### Work to be completed:
In the data that follows, find the line with "const PRE_RESTORE: [u8;"; transcribe it, every later line up to the one with "such a store.", and that line as well, exactly and with no others.

[Records excerpted from a collection]
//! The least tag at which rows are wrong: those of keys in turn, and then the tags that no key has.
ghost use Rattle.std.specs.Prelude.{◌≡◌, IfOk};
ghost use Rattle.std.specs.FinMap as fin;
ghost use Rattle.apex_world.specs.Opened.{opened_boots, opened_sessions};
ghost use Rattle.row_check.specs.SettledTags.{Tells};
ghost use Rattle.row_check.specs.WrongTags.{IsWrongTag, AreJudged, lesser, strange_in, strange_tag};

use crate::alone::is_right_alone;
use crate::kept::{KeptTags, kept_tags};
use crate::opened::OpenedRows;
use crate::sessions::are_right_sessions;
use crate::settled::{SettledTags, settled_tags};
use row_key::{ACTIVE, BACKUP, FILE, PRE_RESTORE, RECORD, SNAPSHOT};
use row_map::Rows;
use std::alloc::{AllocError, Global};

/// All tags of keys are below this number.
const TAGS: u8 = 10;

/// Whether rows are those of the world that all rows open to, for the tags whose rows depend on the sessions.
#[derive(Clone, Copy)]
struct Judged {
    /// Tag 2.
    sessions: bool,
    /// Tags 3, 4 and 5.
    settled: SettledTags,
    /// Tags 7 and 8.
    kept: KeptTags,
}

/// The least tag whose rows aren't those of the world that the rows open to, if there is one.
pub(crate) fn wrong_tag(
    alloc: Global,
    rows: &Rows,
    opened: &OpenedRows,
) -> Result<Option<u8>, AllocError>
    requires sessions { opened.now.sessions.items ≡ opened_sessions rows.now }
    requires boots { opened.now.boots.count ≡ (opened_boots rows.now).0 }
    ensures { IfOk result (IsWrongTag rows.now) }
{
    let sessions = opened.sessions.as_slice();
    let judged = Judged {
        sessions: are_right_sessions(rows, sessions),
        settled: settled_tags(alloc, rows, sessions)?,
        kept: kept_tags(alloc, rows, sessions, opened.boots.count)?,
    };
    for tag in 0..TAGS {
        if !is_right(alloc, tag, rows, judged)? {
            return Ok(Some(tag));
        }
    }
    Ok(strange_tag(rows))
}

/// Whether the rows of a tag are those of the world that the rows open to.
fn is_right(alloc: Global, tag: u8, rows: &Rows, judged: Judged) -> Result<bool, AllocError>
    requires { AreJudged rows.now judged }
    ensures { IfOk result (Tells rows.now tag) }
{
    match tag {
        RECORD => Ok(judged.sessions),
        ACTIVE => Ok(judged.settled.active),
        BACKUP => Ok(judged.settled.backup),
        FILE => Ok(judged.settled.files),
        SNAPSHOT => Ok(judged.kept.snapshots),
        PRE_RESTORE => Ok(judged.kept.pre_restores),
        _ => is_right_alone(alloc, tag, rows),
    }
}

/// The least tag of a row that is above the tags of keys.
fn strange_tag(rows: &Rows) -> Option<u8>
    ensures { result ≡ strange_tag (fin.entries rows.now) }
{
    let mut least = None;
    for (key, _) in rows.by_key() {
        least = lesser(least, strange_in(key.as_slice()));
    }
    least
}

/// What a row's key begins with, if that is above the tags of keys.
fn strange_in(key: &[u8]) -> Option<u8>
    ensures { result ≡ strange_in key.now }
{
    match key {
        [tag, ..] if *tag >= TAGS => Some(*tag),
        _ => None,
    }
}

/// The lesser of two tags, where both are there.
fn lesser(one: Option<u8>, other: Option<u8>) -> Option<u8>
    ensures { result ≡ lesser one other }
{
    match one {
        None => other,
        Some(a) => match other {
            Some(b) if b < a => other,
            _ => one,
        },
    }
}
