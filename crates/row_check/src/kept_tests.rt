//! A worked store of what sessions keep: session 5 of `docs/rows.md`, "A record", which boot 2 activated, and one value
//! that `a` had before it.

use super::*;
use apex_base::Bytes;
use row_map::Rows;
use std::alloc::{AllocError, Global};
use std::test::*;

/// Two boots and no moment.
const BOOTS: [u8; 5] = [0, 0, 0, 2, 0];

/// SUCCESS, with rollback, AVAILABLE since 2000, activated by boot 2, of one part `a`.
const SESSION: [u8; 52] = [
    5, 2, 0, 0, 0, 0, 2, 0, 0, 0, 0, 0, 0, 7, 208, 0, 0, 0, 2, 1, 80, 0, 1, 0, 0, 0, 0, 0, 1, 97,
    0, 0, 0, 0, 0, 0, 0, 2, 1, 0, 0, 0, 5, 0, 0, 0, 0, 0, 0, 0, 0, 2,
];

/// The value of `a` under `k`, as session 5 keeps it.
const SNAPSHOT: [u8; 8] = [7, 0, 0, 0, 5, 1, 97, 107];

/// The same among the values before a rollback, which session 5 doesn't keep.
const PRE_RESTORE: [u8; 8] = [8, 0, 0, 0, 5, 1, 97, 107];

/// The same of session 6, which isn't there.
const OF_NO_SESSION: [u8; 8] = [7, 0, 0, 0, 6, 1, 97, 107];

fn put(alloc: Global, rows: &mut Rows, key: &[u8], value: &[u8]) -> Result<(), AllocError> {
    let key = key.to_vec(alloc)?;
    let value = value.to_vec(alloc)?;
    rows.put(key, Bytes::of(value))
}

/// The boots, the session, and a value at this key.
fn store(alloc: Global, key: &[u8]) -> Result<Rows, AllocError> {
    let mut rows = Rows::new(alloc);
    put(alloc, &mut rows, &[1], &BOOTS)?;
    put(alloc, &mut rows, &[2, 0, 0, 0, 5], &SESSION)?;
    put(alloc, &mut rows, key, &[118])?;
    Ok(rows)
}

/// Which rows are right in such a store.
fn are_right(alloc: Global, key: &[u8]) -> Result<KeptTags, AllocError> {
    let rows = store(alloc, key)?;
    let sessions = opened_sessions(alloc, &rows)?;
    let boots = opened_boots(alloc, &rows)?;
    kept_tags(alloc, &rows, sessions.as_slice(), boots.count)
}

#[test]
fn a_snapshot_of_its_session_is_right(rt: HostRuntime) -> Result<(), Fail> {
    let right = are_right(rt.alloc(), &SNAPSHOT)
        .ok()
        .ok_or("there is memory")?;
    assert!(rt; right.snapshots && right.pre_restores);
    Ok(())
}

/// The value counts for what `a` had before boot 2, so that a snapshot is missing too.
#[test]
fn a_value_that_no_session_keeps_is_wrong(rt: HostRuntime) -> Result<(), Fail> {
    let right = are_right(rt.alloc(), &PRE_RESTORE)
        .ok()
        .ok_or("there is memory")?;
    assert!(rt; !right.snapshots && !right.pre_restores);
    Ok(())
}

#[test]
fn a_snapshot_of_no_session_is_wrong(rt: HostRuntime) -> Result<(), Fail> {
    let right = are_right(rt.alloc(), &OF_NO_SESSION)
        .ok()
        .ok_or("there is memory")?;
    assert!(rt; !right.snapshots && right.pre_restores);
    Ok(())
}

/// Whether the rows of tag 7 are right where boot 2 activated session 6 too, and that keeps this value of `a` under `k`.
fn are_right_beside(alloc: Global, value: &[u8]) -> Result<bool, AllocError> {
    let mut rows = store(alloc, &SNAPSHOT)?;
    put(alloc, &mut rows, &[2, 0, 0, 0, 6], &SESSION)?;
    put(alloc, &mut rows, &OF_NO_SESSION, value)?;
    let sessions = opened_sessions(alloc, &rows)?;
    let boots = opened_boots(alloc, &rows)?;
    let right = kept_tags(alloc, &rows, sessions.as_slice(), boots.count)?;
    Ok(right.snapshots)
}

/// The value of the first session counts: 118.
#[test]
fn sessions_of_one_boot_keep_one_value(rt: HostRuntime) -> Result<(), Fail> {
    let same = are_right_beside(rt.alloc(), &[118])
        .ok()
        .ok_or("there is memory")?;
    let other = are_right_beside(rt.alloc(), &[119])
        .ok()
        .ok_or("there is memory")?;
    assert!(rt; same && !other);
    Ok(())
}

### Answer:
const PRE_RESTORE: [u8; 8] = [8, 0, 0, 0, 5, 1, 97, 107];

/// The same of session 6, which isn't there.
const OF_NO_SESSION: [u8; 8] = [7, 0, 0, 0, 6, 1, 97, 107];

fn put(alloc: Global, rows: &mut Rows, key: &[u8], value: &[u8]) -> Result<(), AllocError> {
    let key = key.to_vec(alloc)?;
    let value = value.to_vec(alloc)?;
    rows.put(key, Bytes::of(value))
}

/// The boots, the session, and a value at this key.
fn store(alloc: Global, key: &[u8]) -> Result<Rows, AllocError> {
    let mut rows = Rows::new(alloc);
    put(alloc, &mut rows, &[1], &BOOTS)?;
    put(alloc, &mut rows, &[2, 0, 0, 0, 5], &SESSION)?;
    put(alloc, &mut rows, key, &[118])?;
    Ok(rows)
}

/// Which rows are right in such a store.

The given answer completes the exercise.